Even though the new standard has made it easier to prosecute, challenges remain. Old lists of concentration-camp guards aren’t enough to bring charges, Rommel said—because prosecutors have to prove that the person whose name is on the list is the same person living today, prove he was there for more than a day, and prove he understood what was going on there. Prosecutors also have to determine that the defendants are fit to stand trial, which can be difficult with such elderly defendants. (In the case of Reinold H, for example, the trial has been pre-limited to two hours per day because that’s all he can handle.) Strict German privacy laws also make it hard for advocates or historians to launch private investigations. In an ironic twist, those laws were put in place after the Holocaust because of the way private information was used by Nazis to identify Jews.
It’s hard to say when the race to find and prosecute Nazi war criminals will stop, but it will likely be soon. Rommel has been told by the Minister of Justice in the state of Baden-Württemberg, where the Ludwigsburg Central Office is located, that the work will continue for a decade. “That was last year’s opinion,” Rommel says. “So we have nine years left, and I think that will be the end. This is because you have to count from 1945, when these men were about 20 years old. And in 10 years they will be close to a 100 years old already.”

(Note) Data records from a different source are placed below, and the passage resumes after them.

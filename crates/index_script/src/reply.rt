//! The texts of replies. Each is put behind a text, and takes memory only where that has no room.

ghost use Rattle.std.specs.Prelude.{◌≡◌, ◌++◌, OnOk, codes, length};
ghost use Rattle.std.specs.String.{string_bytes};
ghost use Rattle.std.specs.Fmt.{decimal};
ghost use Rattle.index_script.specs.Replies.{CausePrints, Prints, accepted_text, answer_text, audit_text, discarded_text, fault_text, near_text, pair_text, pair_texts, staged_text, told_text};

use crate::request::Fault;
use local_index::{Accepted, Answer, Audit, Cause, DeskReply, Near, Reply, Text};
use std::alloc::AllocError;

/// How many bytes the longest reply to a line at fault has.
pub const LONGEST_FAULT: usize = 35;

/// The reply to a line at fault.
pub fn write_fault(text: &mut String, line: u64, fault: Fault) -> Result<(), AllocError>
    ensures { OnOk result (string_bytes text.new ≡ string_bytes text.old ++ fault_text line fault) }
{
    let word = fault.word();
    write!(text, "line {line}: {word}\n")
}

/// The reply to a staging, by how many writes are staged.
pub fn write_staged(text: &mut String, count: usize) -> Result<(), AllocError>
    ensures { OnOk result (string_bytes text.new ≡ string_bytes text.old ++ staged_text count) }
{
    write!(text, "staged {count}\n")
}

/// The reply to a discarding, by how many writes were dropped.
pub fn write_discarded(text: &mut String, count: usize) -> Result<(), AllocError>
    ensures { OnOk result (string_bytes text.new ≡ string_bytes text.old ++ discarded_text count) }
{
    write!(text, "discarded {count}\n")
}

/// The reply to a call that a line with this number and this label makes.
pub fn write_reply(
    text: &mut String,
    line: u64,
    label: u64,
    reply: &DeskReply<u64, Text>,
) -> Result<(), AllocError>
    ensures { OnOk result (Prints line label reply.now (λ told. string_bytes text.new ≡ string_bytes text.old ++ told)) }
{
    match reply {
        DeskReply::Opened(number) => write_opened(text, label, *number),
        DeskReply::NoPlace => write!(text, "noplace\n"),
        DeskReply::Busy => write_fault(text, line, Fault::Busy),
        DeskReply::Closed(_) => write!(text, "closed {label}\n"),
        DeskReply::NoSession(_) => write_fault(text, line, Fault::Session),
        DeskReply::Answer(answer) => write_answer(text, answer),
        DeskReply::Audit(found) => write_audit(text, *found),
        DeskReply::Accepted(accepted) => write_accepted(text, accepted),
        DeskReply::Refused(refused) => write_cause(text, refused.cause),
        DeskReply::Reclaimed => write!(text, "reclaimed\n"),
        DeskReply::Slots(count) => write!(text, "slots {count}\n"),
        DeskReply::Number(number) => write!(text, "number {number}\n"),
        DeskReply::Len(count) => write!(text, "len {count}\n"),
        DeskReply::Checkpointed(number) => write!(text, "checkpoint {number}\n"),
        DeskReply::Behind(number) => write!(text, "behind {number}\n"),
        DeskReply::Ahead(number) => write!(text, "ahead {number}\n"),
    }
}

fn write_opened(text: &mut String, label: u64, number: u64) -> Result<(), AllocError>
    ensures { OnOk result (string_bytes text.new ≡ string_bytes text.old ++ codes "open " ++ decimal label ++ codes " at " ++ decimal number ++ codes "\n") }
{
    write!(text, "open {label} at {number}\n")
}

fn write_answer(text: &mut String, answer: &Answer<u64, Text>) -> Result<(), AllocError>
    ensures { OnOk result (string_bytes text.new ≡ string_bytes text.old ++ answer_text answer.now) }
{
    match answer {
        Answer::Get(Some(value)) => {
            let value = value.as_str();
            write!(text, "some {value}\n")
        }
        Answer::Get(None) => write!(text, "none\n"),
        Answer::Contains(true) => write!(text, "yes\n"),
        Answer::Contains(false) => write!(text, "no\n"),
        Answer::Range(pairs) => write_pairs(text, pairs.as_slice()),
        Answer::Locate(near) => write_near(text, near),
    }
}

// How many pairs there are, and each in a line of its own.
fn write_pairs(text: &mut String, pairs: &[(u64, Text)]) -> Result<(), AllocError>
    ensures { OnOk result (string_bytes text.new ≡ string_bytes text.old ++ codes "pairs " ++ decimal (length pairs.now) ++ codes "\n" ++ pair_texts pairs.now) }
{
    let count = pairs.len();
    write!(text, "pairs {count}\n")?;
    for pair in pairs {
        write_pair(text, pair.0, &pair.1)?;
    }
    Ok(())
}

fn write_pair(text: &mut String, key: u64, value: &Text) -> Result<(), AllocError>
    ensures { OnOk result (string_bytes text.new ≡ string_bytes text.old ++ pair_text (key, value.now)) }
{
    let value = value.as_str();
    write!(text, "{key} {value}\n")
}

fn write_near(text: &mut String, near: &Near<u64, Text>) -> Result<(), AllocError>
    ensures { OnOk result (string_bytes text.new ≡ string_bytes text.old ++ near_text near.now) }
{
    match near {
        Near::Exact(key, value) => write_headed(text, "exact", *key, value),
        Near::Between(key, value, larger, other) => {
            write_headed(text, "between", *key, value)?;
            write_pair(text, *larger, other)
        }
        Near::Smaller(key, value) => write_headed(text, "smaller", *key, value),
        Near::Larger(key, value) => write_headed(text, "larger", *key, value),
        Near::Empty => write!(text, "empty\n"),
    }
}

// A word in a line of its own, and a pair in the next.
fn write_headed(text: &mut String, word: &str, key: u64, value: &Text) -> Result<(), AllocError>
    ensures { OnOk result (string_bytes text.new ≡ string_bytes text.old ++ word.now ++ codes "\n" ++ pair_text (key, value.now)) }
{
    let value = value.as_str();
    write!(text, "{word}\n{key} {value}\n")
}

fn write_audit(text: &mut String, found: Audit) -> Result<(), AllocError>
    ensures { OnOk result (string_bytes text.new ≡ string_bytes text.old ++ audit_text found) }
{
    match found {
        Audit::Yes => write!(text, "audit yes\n"),
        Audit::No(place) => write!(text, "audit no {place}\n"),
        Audit::Unknown => write!(text, "audit unknown\n"),
        Audit::TooOld(_) => write!(text, "audit old\n"),
    }
}

fn write_accepted(text: &mut String, accepted: &Accepted) -> Result<(), AllocError>
    ensures { OnOk result (string_bytes text.new ≡ string_bytes text.old ++ accepted_text accepted.now.number accepted.now.replies.items) }
{
    let number = accepted.number;
    write!(text, "ok {number}")?;
    for reply in &accepted.replies {
        text.push_str(told_text(*reply))?;
    }
    text.push('\n')?;
    Ok(())
}

fn told_text(reply: Reply) -> &'static str
    ensures { result.now ≡ told_text reply }
{
    match reply {
        Reply::Inserted => " inserted",
        Reply::Duplicate => " duplicate",
        Reply::Upserted => " upserted",
        Reply::Removed => " removed",
        Reply::Absent => " absent",
        Reply::RangeRemoved => " deleted",
        Reply::Cleared => " cleared",
    }
}

// A commit that is refused memory ends the run.
fn write_cause(text: &mut String, cause: Cause) -> Result<(), AllocError>
    ensures { OnOk result (CausePrints cause (λ told. string_bytes text.new ≡ string_bytes text.old ++ told)) }
{
    match cause {
        Cause::Conflict(place) => write!(text, "conflict {place}\n"),
        Cause::Exhausted => write!(text, "exhausted\n"),
        Cause::Memory => Err(AllocError),
        Cause::NoSlot => write!(text, "noslot\n"),
    }
}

But those who want to keep the work going have reason to do so. For Holocaust survivors and the children of survivors, some of whom will be traveling to Germany from all over the world to attend the trials, seeing members of the Nazi SS brought to justice in court is very important as a way to find closure, said Christoph Heubner, executive vice president of the International Auschwitz Committee. “It is one of the really dark chapters of postwar German history that this happened so late,” he said. “It’s really kind of late justice.”